Moreover, Georgia has made its annotated copy of the law the “official” code for Georgia. This matters because adopting one set of annotations for the official code means Georgia has tacitly endorsed the interpretations contained in these annotations. Judges in Georgia (and their clerks) will always have the LexisNexis annotations in front of them when reviewing the code. It's easy to see why monopolizing this type of judicial access is problematic.

The State of Georgia rationalizes this approach because they believe these annotations could not exist without it. In this view, if the annotated law were made freely available and LexisNexis was no longer profiting from the annotations' creation, it could be that LexisNexis would stop providing the annotations in the first place. From Georgia's perspective, the only options are to have one provider supply (and control) access to information about the law, or have no opportunity for that information to even exist.

Why Georgia is wrong

Georgia's outlook may have made sense when “access to the law” meant “access to the books in which the law is written,” in a time when widespread access to information in general was much more difficult and expensive to support.

But in the age of the Internet, this viewpoint no longer makes sense. The better approach would be for Georgia to make its statutes available as data, free for anyone to download and republish.

This doesn't mean Georgia needs to include copyrighted annotations as part of this freely accessible data.
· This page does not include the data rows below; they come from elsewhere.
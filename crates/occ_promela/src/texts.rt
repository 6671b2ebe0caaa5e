//! The texts of names.

use occ_syntax::{Memory, Name, Names};
use std::marker::Model;

/// The texts of the names of a program that was read.
#[derive(Drop)]
pub(crate) struct Texts {
    names: Names,
    // All names before this one have texts.
    end: Name,
}

impl Model for Texts {
    ghost use Rattle.std.specs.Prelude.{ℕ, List, ◌≤◌, length};

    ghost Value = { List (List ℕ) };

    ghost view = { λ texts. texts.names };

    ghost invariant = { λ texts. texts.end.0 ≤ length texts.names };
}

impl Texts {
    /// The texts of the names of a table.
    pub(crate) fn new(mut names: Names) -> Result<Texts, Memory> {
        // no name is a hyphen, so it comes last
        let end = names.intern(b"-")?;
        Ok(Texts { names, end })
    }

    /// The text of a name, and nothing for one that isn't in the table.
    pub(crate) fn get(&self, name: Name) -> &[u8] {
        if name.0 < self.end.0 {
            self.names.text(name)
        } else {
            b""
        }
    }
}
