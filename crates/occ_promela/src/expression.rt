//! Expressions.

use crate::scope::Scope;
use crate::text::put;
use occ_syntax::{Expr, Memory, Op, push_number};

impl Scope {
    /// Adds an expression.
    pub(crate) fn put_expression(&self, text: &mut Vec<u8>, expr: &Expr) -> Result<(), Memory> {
        match expr {
            Expr::Var(name) => self.put_name(text, *name),
            Expr::Word { value, .. } => push_number(text, u64::from(*value)),
            Expr::Bool(true) => put(text, b"1"),
            Expr::Bool(false) => put(text, b"0"),
            Expr::Not(operand) => {
                put(text, b"(!")?;
                self.put_expression(text, operand)?;
                put(text, b")")
            }
            Expr::Flip(operand) => {
                put(text, b"(")?;
                push_number(text, greatest(self.width(operand)))?;
                put(text, b" - ")?;
                self.put_expression(text, operand)?;
                put(text, b")")
            }
            Expr::Two(op, left, right) => {
                let sum = matches!(op, Op::Plus | Op::Minus);
                put(text, if sum { b"((" } else { b"(" })?;
                self.put_expression(text, left)?;
                put(text, sign(*op))?;
                self.put_expression(text, right)?;
                if sum {
                    put(text, b") & ")?;
                    push_number(text, greatest(self.width(left)))?;
                }
                put(text, b")")
            }
        }
    }

    /// How many bits the value of an expression has.
    fn width(&self, expr: &Expr) -> u8 {
        match expr {
            Expr::Var(name) => self.bits(*name),
            Expr::Word { bits, .. } => *bits,
            Expr::Bool(_) | Expr::Not(_) => 1,
            Expr::Flip(operand) => self.width(operand),
            Expr::Two(op, left, _) => match op {
                Op::Plus | Op::Minus | Op::BitAnd | Op::BitOr | Op::BitXor => self.width(left),
                _ => 1,
            },
        }
    }
}

/// The greatest number of so many bits.
pub(crate) fn greatest(bits: u8) -> u64 {
    (1 << bits.min(8)) - 1
}

/// An operator, with a space before and behind it.
fn sign(op: Op) -> &'static [u8] {
    match op {
        Op::Plus => b" + ",
        Op::Minus => b" - ",
        Op::And => b" && ",
        Op::Or => b" || ",
        Op::BitAnd => b" & ",
        Op::BitOr => b" | ",
        Op::BitXor => b" ^ ",
        Op::Equal => b" == ",
        Op::Differ => b" != ",
        Op::Less => b" < ",
        Op::Greater => b" > ",
        Op::AtMost => b" <= ",
        Op::AtLeast => b" >= ",
    }
}
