//! Words and lines of a text.

use occ_syntax::Memory;

/// Adds words.
pub(crate) fn put(text: &mut Vec<u8>, words: &[u8]) -> Result<(), Memory> {
    text.extend_from_slice(words)?;
    Ok(())
}

/// Begins a line at a level.
pub(crate) fn begin(text: &mut Vec<u8>, level: usize) -> Result<(), Memory> {
    for _place in 0..level {
        put(text, b"  ")?;
    }
    Ok(())
}

/// Adds a line at a level.
pub(crate) fn line(text: &mut Vec<u8>, level: usize, words: &[u8]) -> Result<(), Memory> {
    begin(text, level)?;
    put(text, words)?;
    put(text, b"\n")
}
Providing innovators with free access to the text of the law itself in data form, including statutes and cases, would allow for creation of alternatives to those annotations: different annotations created by different people, nonprofits and companies, or even new and better systems for connecting cases, statutes and ideas in ways that benefit anyone seeking information about the law. With access to this data, innovators can develop all kinds of different services to help people better understand the law: big data, visualizations, crowdsourcing and more.

By providing more open access to the law itself, Georgia (and, ideally, the rest of the country) could open up the opportunity for innovators to create better and cheaper alternatives. And because there would be more competitors in a free market offering their own services, those services would be offered for cheaper than the present option (and in some cases for free). The current monopoly would give way to much wider and more egalitarian access to law.

The collective outrage in response to the suit against Malamud shows that many see the folly in keeping all the existing data about the law locked away from innovation–especially innovators. Many in the tech and open information world are eager to develop new tools for understanding the law, and to do this they need the ability to access the law in its data form.

What this means for the Georgia suit

Unfortunately for Malamud, and despite the disbelief of many outraged commentators, there is a solid chance that Georgia will win its lawsuit.

But Georgia's copyright is not the point.

The point that is that Malamud's right to repost Georgia's laws should be a concern for everyone who interacts with the law. The point is that, with or without annotations, Georgia and other states need to make this data freely available and clear the way for not just Silicon Valley innovators, but also the legal community and, perhaps most importantly, the public to become collaborators in making the law more accessible, more understandable and more free.

Jake Heller is the founder and CEO of Casetext, a free legal research and publishing platform. He was previously a litigator at Ropes & Gray and a clerk in the First Circuit Court of Appeals. He was named to Forbes 30 Under 30 for Law & Policy for his work at Casetext.